## Task prompt
Go through the entries and write each one out again unchanged.

(Stored dataset items)
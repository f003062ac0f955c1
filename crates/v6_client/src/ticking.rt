//! What a client does when its moment has come.

ghost use Rattle.std.specs.Prelude.{◌≡◌};
ghost use Rattle.v6_client.specs.Due as moments;
ghost use Rattle.v6_client.specs.Ticks as ticks;
ghost use Rattle.v6_client.specs.Times.{FitsTurn};

use crate::exchange::{Exchange6, solicit_parameters};
use crate::states::{State6, Step6};
use crate::steps::{
    declining, emptied, expires, is_last, keep_by, rebinding, rebinds, renewing, renews,
    requesting, requests, restarting, rests, soliciting, solicits, tells_parting, to_waiting,
    unanswered,
};
use crate::turn::Turn6;
use machine::has_come;
use v6_items::{Dates6, Parting6, earlier};
use v6_retrans::parameters::{DECLINE, REBIND, RENEW, REQUEST};

/// The moment at which a client acts next.
pub(crate) fn due_row(dates: Dates6, state: State6) -> Option<u64>
    ensures { result ≡ moments.due_row dates state }
{
    match state {
        State6::Off => None,
        State6::Waiting { due } => Some(due),
        State6::Soliciting { exchange, .. } | State6::Requesting { exchange } => Some(exchange.due),
        State6::Bound => earlier(dates.t1, earlier(dates.t2, dates.lapse)),
        State6::Renewing { exchange } => {
            earlier(Some(exchange.due), earlier(dates.t2, dates.lapse))
        }
        State6::Rebinding { exchange } | State6::Declining { exchange } => {
            earlier(Some(exchange.due), dates.lapse)
        }
        State6::Restarting { exchange, end, .. } => {
            earlier(Some(exchange.due.min(end)), dates.lapse)
        }
    }
}

fn soliciting_tick(turn: Turn6, exchange: Exchange6, offer: Option<u8>) -> Step6
    requires { FitsTurn turn }
    ensures { result ≡ ticks.soliciting_tick turn exchange offer }
{
    match offer {
        // the server that offered is asked
        Some(_) => requests(turn),
        // SOLICIT again
        None => soliciting(turn, exchange.again(turn, solicit_parameters(turn))),
    }
}

fn requesting_tick(turn: Turn6, exchange: Exchange6) -> Step6
    requires { FitsTurn turn }
    ensures { result ≡ ticks.requesting_tick turn exchange }
{
    if exchange.is_used_up(REQUEST) {
        return to_waiting(turn);
    }
    // REQUEST again
    requesting(turn, exchange.again(turn, REQUEST))
}

fn bound_tick(turn: Turn6, dates: Dates6, parting: Parting6) -> Step6
    requires { FitsTurn turn }
    ensures { result ≡ ticks.bound_tick turn dates parting }
{
    // the last item is over
    if is_last(parting) {
        return expires(turn);
    }
    // T2
    if has_come(dates.t2, turn.at) {
        return rebinds(turn);
    }
    // T1
    if has_come(dates.t1, turn.at) {
        return renews(turn);
    }
    rests(turn, State6::Bound)
}

fn renewing_tick(turn: Turn6, dates: Dates6, parting: Parting6, exchange: Exchange6) -> Step6
    requires { FitsTurn turn }
    ensures { result ≡ ticks.renewing_tick turn dates parting exchange }
{
    // the last item is over
    if is_last(parting) {
        return expires(turn);
    }
    // T2
    if has_come(dates.t2, turn.at) {
        return rebinds(turn);
    }
    // RENEW again
    if exchange.is_due(turn) {
        return renewing(turn, exchange.again(turn, RENEW));
    }
    rests(turn, State6::Renewing { exchange })
}

fn rebinding_tick(turn: Turn6, parting: Parting6, exchange: Exchange6) -> Step6
    requires { FitsTurn turn }
    ensures { result ≡ ticks.rebinding_tick turn parting exchange }
{
    // the last item is over
    if is_last(parting) {
        return expires(turn);
    }
    // REBIND again
    if exchange.is_due(turn) {
        return rebinding(turn, exchange.again(turn, REBIND));
    }
    rests(turn, State6::Rebinding { exchange })
}

fn restarting_tick(
    turn: Turn6,
    parting: Parting6,
    exchange: Exchange6,
    end: u64,
    since: u64,
    stands: bool,
) -> Step6
    requires { FitsTurn turn }
    ensures { result ≡ ticks.restarting_tick turn parting exchange end since stands }
{
    // the last item is over
    if is_last(parting) {
        return emptied(turn, stands);
    }
    // no answer came
    if end <= turn.at {
        return unanswered(turn, stands);
    }
    let since = since.max(turn.at);
    // REBIND again
    if exchange.is_due(turn) {
        return restarting(turn, exchange.again(turn, REBIND), end, since, stands);
    }
    let state = State6::Restarting {
        exchange,
        end,
        since,
        stands,
    };
    rests(turn, state)
}

/// What is left is held.
fn ended(turn: Turn6, parting: Parting6) -> Step6
    requires { FitsTurn turn }
    ensures { result ≡ ticks.ended turn parting }
{
    if parting.stays {
        return rests(turn, State6::Bound);
    }
    expires(turn)
}

fn declining_tick(turn: Turn6, parting: Parting6, exchange: Exchange6) -> Step6
    requires { FitsTurn turn }
    ensures { result ≡ ticks.declining_tick turn parting exchange }
{
    if !exchange.is_due(turn) {
        return Step6 {
            keep: keep_by(parting),
            ..rests(turn, State6::Declining { exchange })
        };
    }
    // no answer came
    if exchange.is_used_up(DECLINE) {
        return ended(turn, parting);
    }
    // DECLINE again
    Step6 {
        keep: keep_by(parting),
        ..declining(turn, exchange.again(turn, DECLINE))
    }
}

/// A tick of a state whose moment has come. `parting` says what is over of the client's items.
pub(crate) fn tick_row(turn: Turn6, dates: Dates6, parting: Parting6, state: State6) -> Step6
    requires { FitsTurn turn }
    ensures { result ≡ ticks.tick_row turn dates parting state }
{
    match state {
        State6::Off => rests(turn, State6::Off),
        // SOLICIT
        State6::Waiting { .. } => solicits(turn),
        // REQUEST for what was offered; else SOLICIT again
        State6::Soliciting { exchange, offer } => soliciting_tick(turn, exchange, offer),
        // REQUEST again; SOLICIT anew after the last one
        State6::Requesting { exchange } => requesting_tick(turn, exchange),
        // items are held: T2, then T1, then the message again; items that are over go
        State6::Bound => tells_parting(parting, bound_tick(turn, dates, parting)),
        State6::Renewing { exchange } => {
            tells_parting(parting, renewing_tick(turn, dates, parting, exchange))
        }
        State6::Rebinding { exchange } => {
            tells_parting(parting, rebinding_tick(turn, parting, exchange))
        }
        // the kept items are asked for again until the end; where they are held, those that are over go
        State6::Restarting {
            exchange,
            end,
            since,
            stands,
        } => {
            let step = restarting_tick(turn, parting, exchange, end, since, stands);
            if stands {
                return tells_parting(parting, step);
            }
            step
        }
        // DECLINE again; after the last one what is left is held
        State6::Declining { exchange } => {
            tells_parting(parting, declining_tick(turn, parting, exchange))
        }
    }
}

## Finished task
repository f003062ac0f955c1
filename crates/v6_client/src/ticking.rt
//! What a client does when its moment has come.

ghost use Rattle.std.specs.Prelude.{◌≡◌};
ghost use Rattle.v6_client.specs.Due as moments;
ghost use Rattle.v6_client.specs.Ticks as ticks;
ghost use Rattle.v6_client.specs.Times.{FitsTurn};

use crate::exchange::{Exchange6, solicit_parameters};
use crate::states::{State6, Step6};
use crate::steps::{
    declining, emptied, expires, is_last, keep_by, rebinding, rebinds, renewing, renews,
    requesting, requests, restarting, rests, soliciting, solicits, tells_parting, to_waiting,
    unanswered,
};
use crate::turn::Turn6;
use machine::has_come;
use v6_items::{Dates6, Parting6, earlier};
use v6_retrans::parameters::{DECLINE, REBIND, RENEW, REQUEST};

/// The moment at which a client acts next.
pub(crate) fn due_row(dates: Dates6, state: State6) -> Option<u64>
    ensures { result ≡ moments.due_row dates state }
{
    match state {
        State6::Off => None,
        State6::Waiting { due } => Some(due),
        State6::Soliciting { exchange, .. } | State6::Requesting { exchange } => Some(exchange.due),
        State6::Bound => earlier(dates.t1, earlier(dates.t2, dates.lapse)),
        State6::Renewing { exchange } => {
            earlier(Some(exchange.due), earlier(dates.t2, dates.lapse))
        }
        State6::Rebinding { exchange } | State6::Declining { exchange } => {
            earlier(Some(exchange.due), dates.lapse)
        }
        State6::Restarting { exchange, end, .. } => {
            earlier(Some(exchange.due.min(end)), dates.lapse)
        }
    }
}

fn soliciting_tick(turn: Turn6, exchange: Exchange6, offer: Option<u8>) -> Step6
    requires { FitsTurn turn }
    ensures { result ≡ ticks.soliciting_tick turn exchange offer }
{
    match offer {
        // the server that offered is asked
        Some(_) => requests(turn),
        // SOLICIT again
        None => soliciting(turn, exchange.again(turn, solicit_parameters(turn))),
    }
}

fn requesting_tick(turn: Turn6, exchange: Exchange6) -> Step6
    requires { FitsTurn turn }
    ensures { result ≡ ticks.requesting_tick turn exchange }
{
    if exchange.is_used_up(REQUEST) {
        return to_waiting(turn);
    }
    // REQUEST again
    requesting(turn, exchange.again(turn, REQUEST))
}

fn bound_tick(turn: Turn6, dates: Dates6, parting: Parting6) -> Step6
    requires { FitsTurn turn }
    ensures { result ≡ ticks.bound_tick turn dates parting }
{
    // the last item is over
    if is_last(parting) {
        return expires(turn);
    }
    // T2
    if has_come(dates.t2, turn.at) {
        return rebinds(turn);
    }
    // T1
    if has_come(dates.t1, turn.at) {
        return renews(turn);
    }
    rests(turn, State6::Bound)
}

fn renewing_tick(turn: Turn6, dates: Dates6, parting: Parting6, exchange: Exchange6) -> Step6
    requires { FitsTurn turn }
    ensures { result ≡ ticks.renewing_tick turn dates parting exchange }
{
    // the last item is over
    if is_last(parting) {
        return expires(turn);
    }
    // T2
    if has_come(dates.t2, turn.at) {
        return rebinds(turn);
    }
    // RENEW again
    if exchange.is_due(turn) {
        return renewing(turn, exchange.again(turn, RENEW));
    }
    rests(turn, State6::Renewing { exchange })
}

fn rebinding_tick(turn: Turn6, parting: Parting6, exchange: Exchange6) -> Step6
    requires { FitsTurn turn }
    ensures { result ≡ ticks.rebinding_tick turn parting exchange }
{
    // the last item is over
    if is_last(parting) {
        return expires(turn);
    }
    // REBIND again
    if exchange.is_due(turn) {
        return rebinding(turn, exchange.again(turn, REBIND));
    }
    rests(turn, State6::Rebinding { exchange })
}

fn restarting_tick(
    turn: Turn6,
    parting: Parting6,
    exchange: Exchange6,
    end: u64,
    since: u64,
    stands: bool,
) -> Step6
    requires { FitsTurn turn }
    ensures { result ≡ ticks.restarting_tick turn parting exchange end since stands }
{
    // the last item is over
    if is_last(parting) {
        return emptied(turn, stands);
    }
    // no answer came
    if end <= turn.at {
        return unanswered(turn, stands);
    }
    let since = since.max(turn.at);
    // REBIND again
    if exchange.is_due(turn) {
        return restarting(turn, exchange.again(turn, REBIND), end, since, stands);
    }
    let state = State6::Restarting {
        exchange,
        end,
        since,
        stands,
    };
    rests(turn, state)
}

/// What is left is held.
fn ended(turn: Turn6, parting: Parting6) -> Step6
    requires { FitsTurn turn }
    ensures { result ≡ ticks.ended turn parting }
{
    if parting.stays {
        return rests(turn, State6::Bound);
    }
    expires(turn)
}

fn declining_tick(turn: Turn6, parting: Parting6, exchange: Exchange6) -> Step6
    requires { FitsTurn turn }
    ensures { result ≡ ticks.declining_tick turn parting exchange }
{
    if !exchange.is_due(turn) {
        return Step6 {
            keep: keep_by(parting),
            ..rests(turn, State6::Declining { exchange })
        };
    }
    // no answer came
    if exchange.is_used_up(DECLINE) {
        return ended(turn, parting);
    }
    // DECLINE again
    Step6 {
        keep: keep_by(parting),
        ..declining(turn, exchange.again(turn, DECLINE))
    }
}

/// A tick of a state whose moment has come. `parting` says what is over of the client's items.
pub(crate) fn tick_row(turn: Turn6, dates: Dates6, parting: Parting6, state: State6) -> Step6
    requires { FitsTurn turn }
    ensures { result ≡ ticks.tick_row turn dates parting state }
{
    match state {
        State6::Off => rests(turn, State6::Off),
        // SOLICIT
        State6::Waiting { .. } => solicits(turn),
        // REQUEST for what was offered; else SOLICIT again
        State6::Soliciting { exchange, offer } => soliciting_tick(turn, exchange, offer),
        // REQUEST again; SOLICIT anew after the last one
        State6::Requesting { exchange } => requesting_tick(turn, exchange),
        // items are held: T2, then T1, then the message again; items that are over go
        State6::Bound => tells_parting(parting, bound_tick(turn, dates, parting)),
        State6::Renewing { exchange } => {
            tells_parting(parting, renewing_tick(turn, dates, parting, exchange))
        }
        State6::Rebinding { exchange } => {
            tells_parting(parting, rebinding_tick(turn, parting, exchange))
        }
        // the kept items are asked for again until the end; where they are held, those that are over go
        State6::Restarting {
            exchange,
            end,
            since,
            stands,
        } => {
            let step = restarting_tick(turn, parting, exchange, end, since, stands);
            if stands {
                return tells_parting(parting, step);
            }
            step
        }
        // DECLINE again; after the last one what is left is held
        State6::Declining { exchange } => {
            tells_parting(parting, declining_tick(turn, parting, exchange))
        }
    }
}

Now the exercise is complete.